Abstract:
The advancement of computer vision and deep learning have delved deeply into the realm of
human pose detection, with applications spanning across diverse fields such as healthcare,
animation, and autonomous driving. 3D pose estimation plays a pivotal role in activity
recognition, yet it grapples with persistent issues stemming from uncertainties in body
proportions and occlusions. Despite the progress in computer vision and graphics, achieving
precise 3D points remains difficult, especially in dynamic environments or due to uncertain
body proportions, occlusion, and the loss of depth information.
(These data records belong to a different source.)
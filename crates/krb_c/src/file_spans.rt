//! Where the records lie of keytabs and credential caches.

ghost use Rattle.std.specs.Prelude.{◌≡◌, IfOk, OnOk};
ghost use Rattle.std.specs.Option.{is_some};
ghost use Rattle.krb_ccache.specs.Reading.{next_at, one_enctype};
ghost use Rattle.krb_keytab.specs.Reading.{record_at};
ghost use Rattle.krb_c.specs.FileSpans.{ccache_spans, is_record, keytab_spans, principal_place};
ghost use Rattle.krb_c.specs.inner.Adding.{Adds};
ghost use Rattle.krb_c.specs.inner.Items.{AddsFault, AddsItem};

use crate::spans::Spans;
use krb_ccache::{OneEnctype, read_credential, read_start};
use krb_file::{FieldReader, FileFault, Limit, StreamReader};
use krb_keytab::{Next, read_record};
use krb_run::RunFault;
use std::alloc::Global;
use std::io::ErrorKind;

/// The number of octets of the length of an entry or a hole.
const LENGTH_OCTETS: u64 = 4;

/// Adds what is refused of a file, from where the part begins that is at fault up to the end.
fn put_fault(spans: &mut Spans, fault: FileFault, all: usize) -> Result<(), RunFault>
    ensures { OnOk result (AddsFault fault all spans.old spans.new) }
{
    match fault {
        FileFault::Refused(refusal) => {
            spans.put_refused(refusal.begin as usize, all)?;
            Ok(())
        }
        FileFault::Read => Err(RunFault::Read(ErrorKind::Other.into())),
        FileFault::Memory => Err(RunFault::Memory),
    }
}

/// Adds the next entry or hole of a keytab, or where its records end. Returns whether others follow.
fn put_record(
    alloc: Global,
    spans: &mut Spans,
    reader: &mut StreamReader<&[u8]>,
    all: usize,
) -> Result<bool, RunFault>
    ensures { IfOk result (AddsItem record_at is_record 4 all reader.old reader.new spans.old spans.new) }
{
    let begin = reader.place();
    match read_record(alloc, reader) {
        Ok(Next::Item(_record)) => {
            let end = reader.place();
            spans.put((begin + LENGTH_OCTETS) as usize, end as usize)?;
            Ok(true)
        }
        Ok(Next::Done(_stop)) => {
            let end = reader.place() as usize;
            spans.put(end, end)?;
            Ok(false)
        }
        Err(fault) => {
            put_fault(spans, fault.begun_at(begin), all)?;
            Ok(false)
        }
    }
}

/// Adds the entries and the holes of a keytab, each after its length, and where they end.
pub(crate) fn put_keytab(alloc: Global, spans: &mut Spans, file: &[u8]) -> Result<(), RunFault>
    ensures { OnOk result (Adds (keytab_spans file.now) spans.old spans.new) }
{
    let all = file.len();
    let mut reader = StreamReader::new(file, Limit::DEFAULT);
    if let Err(fault) = reader.version(&[2]) {
        return put_fault(spans, fault, all);
    }
    'records: for _index in 0..all + 1 {
        if !put_record(alloc, spans, &mut reader, all)? {
            return Ok(());
        }
    }
    Ok(())
}

/// Returns where the default principal of a cache begins: after the version, and in version 4 after a
/// header, before which is its number of octets.
fn principal_place(version: u8, file: &[u8]) -> usize
    ensures { result ≡ principal_place version file.now }
{
    match file {
        [_, _, high, low, ..] if version == 4 => {
            4 + (256 * usize::from(*high) + usize::from(*low))
        }
        _ => 2,
    }
}

/// Adds the next credential of a cache, or where they end. Returns whether others follow.
fn put_credential(
    alloc: Global,
    spans: &mut Spans,
    version: u8,
    reader: &mut StreamReader<&[u8]>,
    all: usize,
) -> Result<bool, RunFault>
    ensures { IfOk result (AddsItem (next_at one_enctype version) is_some 0 all reader.old reader.new spans.old spans.new) }
{
    let begin = reader.place();
    match read_credential::<OneEnctype, _>(alloc, version, reader) {
        Ok(Some(_credential)) => {
            spans.put(begin as usize, reader.place() as usize)?;
            Ok(true)
        }
        Ok(None) => {
            let end = reader.place() as usize;
            spans.put(end, end)?;
            Ok(false)
        }
        Err(fault) => {
            put_fault(spans, fault, all)?;
            Ok(false)
        }
    }
}

/// Adds the default principal of a cache, its credentials, and where they end.
pub(crate) fn put_ccache(alloc: Global, spans: &mut Spans, file: &[u8]) -> Result<(), RunFault>
    ensures { OnOk result (Adds (ccache_spans file.now) spans.old spans.new) }
{
    let all = file.len();
    let mut reader = StreamReader::new(file, Limit::DEFAULT);
    let version = match read_start(alloc, &[3, 4], &mut reader) {
        Ok(start) => start.version,
        Err(fault) => return put_fault(spans, fault, all),
    };
    spans.put(principal_place(version, file), reader.place() as usize)?;
    'credentials: for _index in 0..all + 1 {
        if !put_credential(alloc, spans, version, &mut reader, all)? {
            return Ok(());
        }
    }
    Ok(())
}
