//! The lines on which items stand.

ghost use Rattle.std.specs.Prelude.{◌≡◌, ◌≢◌, ◌+◌, ◌<◌, ◌≤◌, ◌^◌};
ghost use Rattle.tp_log.specs.declared.item.Item.TheVariants.{Tree as TreeItem};
ghost use Rattle.tp_log_check.specs.Heights.{height, heights};
ghost use Rattle.tp_log_check.specs.Causes.{flaw_at, flaw_on, lines_into, lines_to, tree_line};
ghost use Rattle.tp_log_check.specs.FlawLines.{LiesBehind};
ghost use Rattle.tp_log_check.specs.declared.flaw.Flaw.TheVariants.{Memory as WantsMemory};

use crate::flaw::Flaw;
use tp_bound_laws::TreeFlaw;
use tp_bounds::BoundTree;
use tp_log::Item;
use tp_log_planner::{Reason, WrongItem};

fn height(item: &Item) -> u64
    ensures { height item.now < 2 ^ 64 → result ≡ height item.now }
{
    match item {
        Item::Event(_) | Item::Note(_) => 1,
        Item::Tree(tree) => tree.rows.len().saturating_add(tree.nodes.len()),
    }
}

/// The line behind the items, where the first stands behind this line.
fn line_behind(items: &[Item], line: u64) -> u64
    ensures { line + 1 + heights items.now < 2 ^ 64 → result ≡ line + 1 + heights items.now }
{
    let mut next = line.saturating_add(1);
    let mut rest = items;
    'items: while let [item, others @ ..] = rest {
        next = next.saturating_add(height(item));
        rest = others;
    }
    next
}

/// How far behind its first line a tree has a flaw: the row or the node, or the line behind the tree.
fn flawed_line(tree: &BoundTree, flaw: TreeFlaw) -> u64
    ensures within { result ≤ height (TreeItem tree.now) }
    ensures is { height (TreeItem tree.now) < 2 ^ 64 → result ≡ tree_line tree.now flaw }
{
    let rows = tree.rows.len();
    let nodes = tree.nodes.len();
    match flaw {
        TreeFlaw::Memory => 0,
        TreeFlaw::RoomRow { row } => {
            if row < rows {
                row
            } else {
                rows.saturating_add(nodes)
            }
        }
        TreeFlaw::Uncovered { node }
        | TreeFlaw::NoSuchHop { node, .. }
        | TreeFlaw::Weak { node, .. }
        | TreeFlaw::NotDead { node } => rows.saturating_add(node.min(nodes)),
    }
}

/// How far behind the first of these items a tree has the flaw, where that one is the tree.
fn lines_into(items: &[Item], flaw: TreeFlaw) -> u64
    ensures within { result ≤ heights items.now }
    ensures is { heights items.now < 2 ^ 64 → result ≡ lines_into items.now flaw }
{
    match items {
        [Item::Tree(tree), ..] => flawed_line(tree, flaw),
        _ => 0,
    }
}

/// The line so many lines further.
fn further(line: u64, count: u64) -> u64
    ensures from { line ≤ result }
    ensures up_to { result ≤ line + count }
    ensures is { line + count < 2 ^ 64 → result ≡ line + count }
{
    line.saturating_add(count)
}

/// How many lines behind the first line of these items the reason lies, if it is about the first item.
fn lines_to(items: &[Item], reason: Reason) -> u64
    ensures within { result ≤ heights items.now }
    ensures is { heights items.now < 2 ^ 64 → result ≡ lines_to items.now reason }
{
    match reason {
        Reason::Tree(flaw) => lines_into(items, flaw),
        _ => 0,
    }
}

/// What is wrong on this line, or with a tree on the other one.
fn flaw_on(line: u64, place: u64, reason: Reason) -> Flaw
    ensures { result ≡ flaw_on line place reason }
{
    match reason {
        Reason::Due => Flaw::Due { line },
        Reason::Illegal { first, second } => Flaw::Illegal {
            line,
            first,
            second,
        },
        Reason::NotLeast { given, least } => Flaw::NotLeast { line, given, least },
        Reason::Tree(flaw) => Flaw::Tree { line: place, flaw },
    }
}

/// What is wrong with the items behind the event on this line. It is never want of memory.
pub(crate) fn flaw_of(items: &[Item], line: u64, stop: WrongItem) -> Flaw
    ensures known { result ≢ WantsMemory }
    ensures is { line + 1 + heights items.now < 2 ^ 64
        → result ≡ flaw_at line items.now stop }
    ensures lies { line + 1 + heights items.now < 2 ^ 64
        → LiesBehind line (line + 1 + heights items.now) result }
{
    let at = stop.item.min(items.len());
    let line = line_behind(&items[..at], line);
    let into = lines_to(&items[at..], stop.reason);
    flaw_on(line, further(line, into), stop.reason)
}
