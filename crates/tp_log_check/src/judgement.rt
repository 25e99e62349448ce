//! Whether an event's records and trees are those of its turn.

ghost use Rattle.std.specs.Prelude.{◌≡◌, ◌↔◌, ◌+◌, ◌≤◌, ◌⊎◌, ℕ, [], IfOk, IfSome, IsNone, IsSome, MatchOption, Some, drop, length};
ghost use Rattle.tp_log_check.specs.Gathered.{ArePlain};
ghost use Rattle.tp_log_check.specs.Causes.{IsDueOrStops};
ghost use Rattle.tp_log_check.specs.EventEntry.{entry, trees_in};
ghost use Rattle.tp_log_check.specs.Lawful.{AreInPlaces, HasNoTurn, LeadsTo};
ghost use Rattle.tp_log_check.specs.FirstDifference.{IsOffAt, PartsAt, items_before};
ghost use Rattle.tp_log_laws.specs.AcceptedEntries.{IsAccepted};
ghost use Rattle.tp_run_laws.specs.Proved.{records_in};
ghost use Rattle.tp_event_rules.specs.LiveStates.{seen};
ghost use Rattle.tp_event_rules.specs.Ready.{CanTakeEvents, KeepsStock, last_copy};

use crate::first_difference::{find_parting, find_tree};
use std::alloc::Global;
use tp_base::Memory;
use tp_event_rules::LiveState;
use tp_event_turn::{take_event, turns_keep_stock};
use tp_log::Item;
use tp_log_laws::{lawful_turns_are_accepted, told_turns_are_whole};
use tp_log_planner::{Reason, Told, WrongItem};
use tp_machine::Machine;
use tp_schedule::{Halt, Record};
use tp_script::Event;

fn due(item: usize) -> WrongItem
    ensures item { result.item ≡ item }
    ensures reason { result.reason ≡ Reason.Due }
{
    WrongItem {
        item,
        reason: Reason::Due,
    }
}

/// What is wrong where the turn was done.
fn judge_done(notes: &[Record], items: &[Item], at: usize) -> Option<WrongItem>
    requires { at ≤ length items.now }
    ensures right { IsNone result
        ↔ ((notes.now ≡ records_in items.now) × (trees_in (drop at items.now) ≡ [])) }
    ensures due { IfSome result (λ stop. (stop.reason ≡ Reason.Due)
        × IsOffAt notes.now items.now at stop.item) }
{
    match find_parting(notes, items) {
        None => match find_tree(items, at) {
            None => None,
            Some(tree) => Some(due(tree)),
        },
        Some(item) => match find_tree(items, at) {
            None => Some(due(item)),
            Some(tree) => {
                if tree < item {
                    Some(due(tree))
                } else {
                    Some(due(item))
                }
            }
        },
    }
}

/// What is wrong where the turn stopped: a record before that is not the one that is due, or what the planner stopped for.
fn judge_stopped(notes: &[Record], told: &Told) -> Option<WrongItem>
    ensures some { 1 ≤ told.now.stops → IsSome result }
    ensures why { IfSome result (λ stop. ((stop.reason ≡ Reason.Due)
        × PartsAt notes.now (items_before told.now) stop.item)
        ⊎ ((told.now.stop ≡ Some stop) × (notes.now ≡ records_in (items_before told.now)))) }
{
    let next = told.next();
    match find_parting(notes, &told.items()[..next]) {
        Some(item) => Some(due(item)),
        None => told.stop(),
    }
}

/// Does the turn of the event with the answers that its items tell, and returns what is wrong: nothing exactly where a lawful log may tell
/// these items of it. After want of memory, or where something is
/// wrong, nothing is known of the state, but its lines keep their mark.
pub(crate) fn judge(
    alloc: Global,
    machine: &Machine,
    state: &mut LiveState,
    event: &Event,
    told: &mut Told,
) -> Result<Option<WrongItem>, Memory>
    requires can { CanTakeEvents machine.now last_copy (seen state.old) }
    requires stocked { KeepsStock machine.now last_copy (seen state.old) }
    requires begins { told.old.at ≡ 0 }
    ensures accepted { IfOk result (λ found. IsNone found
        → IsAccepted machine.now (seen state.old)
        (entry event.now told.old.items) (seen state.new)) }
    ensures only { IfOk result (λ found. MatchOption found
        (LeadsTo machine.now (seen state.old) event.now told.old.items (seen state.new))
        (λ stop. HasNoTurn machine.now (seen state.old) event.now told.old.items)) }
    ensures why { IfOk result (λ found. IfSome found
        (IsDueOrStops machine.now (seen state.old) event.now told.old.items)) }
    ensures places { IfOk result (λ found. IsNone found → ArePlain told.old.items
        → AreInPlaces told.old.items) }
    ensures kept { IfOk result (λ found. IsNone found → (copies : ℕ)
        → CanTakeEvents machine.now copies (seen state.old)
        → CanTakeEvents machine.now (copies + 1) (seen state.new)) }
    ensures stocked { IfOk result (λ found. IsNone found → (events : ℕ)
        → KeepsStock machine.now events (seen state.old)
        → KeepsStock machine.now (events + 1) (seen state.new)) }
    ensures items { told.new.items ≡ told.old.items }
    ensures marked { state.new.lines.kept ≡ state.old.lines.kept }
{
    lawful_turns_are_accepted();
    told_turns_are_whole::<Told>();
    turns_keep_stock::<Told>();
    let mut notes = Vec::new(alloc);
    match take_event(alloc, machine, state, told, event, &mut notes) {
        Ok(()) => Ok(judge_done(notes.as_slice(), told.items(), told.at())),
        Err(Halt::Stopped) => Ok(judge_stopped(notes.as_slice(), told)),
        Err(Halt::Memory) => Err(Memory),
    }
}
In this research, we propose a
framework to estimate the 3D pose of an individual using videos captured from multiple
cameras mounted at different angles. The focus shifts towards the domain of multi-view
geometry estimation to achieve a more accurate 3D pose estimation. This process encompasses
the estimation of 2D poses for each view and the subsequent reconstruction of 3D
representations through technique like triangulation. The framework uses a dataset ‘Fit 3D’ for
the evaluation of its approach. We used the metric MPJPE (Mean Per Joint Position Error) and
resulted in value of 14.4mm (algebraic triangulation with confidence). The proposed
methodology will facilitate the Physiotherapist, fitness advisor/trainers, and orthopedic
specialists in the analysis of the person from different angles using 3D pose estimation.